Not in this one. In my first novel, set in England, my first line was Diana Lively is naked under her shiny yellow Mac. My editor at Penguin told me that too few Americans would understand that Mac is short for Mackintosh, or raincoat. So we changed the line to Diana Lively is naked under her bright yellow raincoat. The reason she’s standing there in her shower, wearing her raincoat is because she’s phobic about insects and has just discovered her pre-schooler with a packed of "Walking Stick Insect eggs" her brother has sent away for in the mail. Originally, the infestation was head lice but my friend Jane Ulrich told me lice are too "icky." I trusted her, but I hated to lose the head lice because they provided such a perfect contrast for the opulent living conditions at her husband’s suite in the Oxford colleges.

Q: Do you have a sample chapter posted?
Please go to my my website to read the first chapter. I dare you not to want to read the rest!

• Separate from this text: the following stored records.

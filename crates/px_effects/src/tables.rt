//! What the lines of a table's block add.
ghost use Rattle.std.specs.Prelude.{◌≡◌, ◌≤◌, ◌++◌, ◌∷◌, [], false, length, map, OnOk};
ghost use Rattle.px_script.specs.Declarations.{problem_here, table_made, table_parameters_here};
ghost use Rattle.px_script.specs.Faults.{is_bad_block};
ghost use Rattle.px_script.specs.Statements as spec;
ghost use Rattle.px_effects.specs.Common.{declared_of, AreReadable, IsFresh, argument_view, leaves, parameters_here, signed_view};
ghost use Rattle.px_so_far.specs.Problems.{HasProblem};
ghost use Rattle.px_so_far.specs.SoFarViews.{open_table_view, table_view};
ghost use Rattle.px_terms.specs.Limits.{most_parameters};
ghost use Rattle.px_script.specs.declared.limits.TheConstants.{LAST_NUMBER as last_number};
ghost use Rattle.px_lines.specs.ItemViews.{part_view};
ghost use Rattle.px_so_far.specs.Heights.{AreReadableParts};

use crate::commands::add_table_name;
use px_base::{NoMemory, push};
use px_lines::{Argument, Part, SignedAtom};
use px_names::Kind;
use px_so_far::{BlockKind, OpenBlock, OpenTable, SoFar, WrittenStep, goal_variables};
use px_table::Row;

/// Opens the block of a table, and adds its name.
pub fn begin_table(
    so_far: &mut SoFar,
    line: u32,
    name: &str,
    parameters: u32,
) -> Result<(), NoMemory>
    requires fresh { IsFresh Kind.Result so_far.old.names name.now }
    ensures { OnOk result (declared_of so_far.new ≡ leaves line (declared_of so_far.old) (spec.table name.now parameters)) }
{
    let alloc = so_far.alloc;
    let name = add_table_name(so_far, name)?;
    so_far.block = Some(OpenBlock {
        line,
        kind: BlockKind::Table(OpenTable {
            name,
            parameters,
            steps: Vec::new(alloc),
            has_goal: false,
            goal: Vec::new(alloc),
            goal_variable_count: 0,
            rows: Vec::new(alloc),
        }),
    });
    Ok(())
}

/// Adds a step to the open table.
pub fn add_step(so_far: &mut SoFar, operator: &str, terms: &[Argument<'_>]) -> Result<(), NoMemory>
    requires few { length (parameters_here (declared_of so_far.old)) ≤ most_parameters }
    requires few_parameters { table_parameters_here (declared_of so_far.old).block ≤ last_number }
    ensures { OnOk result (declared_of so_far.new
        ≡ leaves 0 (declared_of so_far.old) (spec.step operator.now (map argument_view terms.now))) }
{
    let op = so_far.number(Kind::Operator, operator);
    let terms = so_far.table_terms(terms)?;
    if let Some(block) = &mut so_far.block {
        if let BlockKind::Table(table) = &mut block.kind {
            push(&mut table.steps, WrittenStep { op, terms })?;
        }
    }
    Ok(())
}

/// Gives the open table its goal.
pub fn set_goal(so_far: &mut SoFar, atoms: &[SignedAtom<'_>]) -> Result<(), NoMemory>
    requires readable { AreReadable (declared_of so_far.old) atoms.now }
    requires few_parameters { table_parameters_here (declared_of so_far.old).block ≤ last_number }
    ensures { OnOk result (declared_of so_far.new ≡ leaves 0 (declared_of so_far.old) (spec.goal (map signed_view atoms.now))) }
{
    let goal = so_far.table_atoms(atoms)?;
    let goal_variable_count = goal_variables(atoms);
    if let Some(block) = &mut so_far.block {
        if let BlockKind::Table(table) = &mut block.kind {
            table.goal = goal;
            table.goal_variable_count = goal_variable_count;
            table.has_goal = true;
        }
    }
    Ok(())
}

/// Adds a row to the open table.
pub fn add_row(so_far: &mut SoFar, parts: &[Part<'_>]) -> Result<(), NoMemory>
    requires readable { AreReadableParts (declared_of so_far.old) parts.now }
    requires few_parameters { table_parameters_here (declared_of so_far.old).block ≤ last_number }
    ensures { OnOk result (declared_of so_far.new ≡ leaves 0 (declared_of so_far.old) (spec.proof (map part_view parts.now))) }
{
    let proofs = so_far.proofs(parts)?;
    if let Some(block) = &mut so_far.block {
        if let BlockKind::Table(table) = &mut block.kind {
            push(&mut table.rows, Row::from_proofs(proofs))?;
        }
    }
    Ok(())
}

/// Adds the table to those of the script.
pub fn close_table(so_far: &mut SoFar, table: OpenTable) -> Result<(), NoMemory>
    requires problem { HasProblem (declared_of so_far.old) }
    requires good { is_bad_block (problem_here (declared_of so_far.old)) (open_table_view table) ≡ false }
    ensures same { OnOk result (so_far.new ≡ record so_far.old { saved = so_far.new.saved }) }
    ensures saved { OnOk result (so_far.new.saved.items
        ≡ so_far.old.saved.items ++ (table.name, table_made (problem_here (declared_of so_far.old)) (table_view table)) ∷ []) }
{
    let problem = so_far.problem_here()?;
    let name = table.name;
    let made = table.made(so_far.alloc, &problem)?;
    push(&mut so_far.saved, (name, made))
}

Q: Tell us why your editor is the best editor ever in the universe.
Because she picked up a nobody like me. Her other writers are Jodi Picoult, Vince Flynn, Brad Thor and Jennifer Wiener. And she took a chance on me! Plus, when I didn’t like the first cover they sent, she actually listened and had the new one made. Plus, she’s got a knack for cutting out superfluous and self-indulgent prose. PLUS, she came up with the title, and I think it’s a gem. It’s short, sweet, and can be understood on so many levels.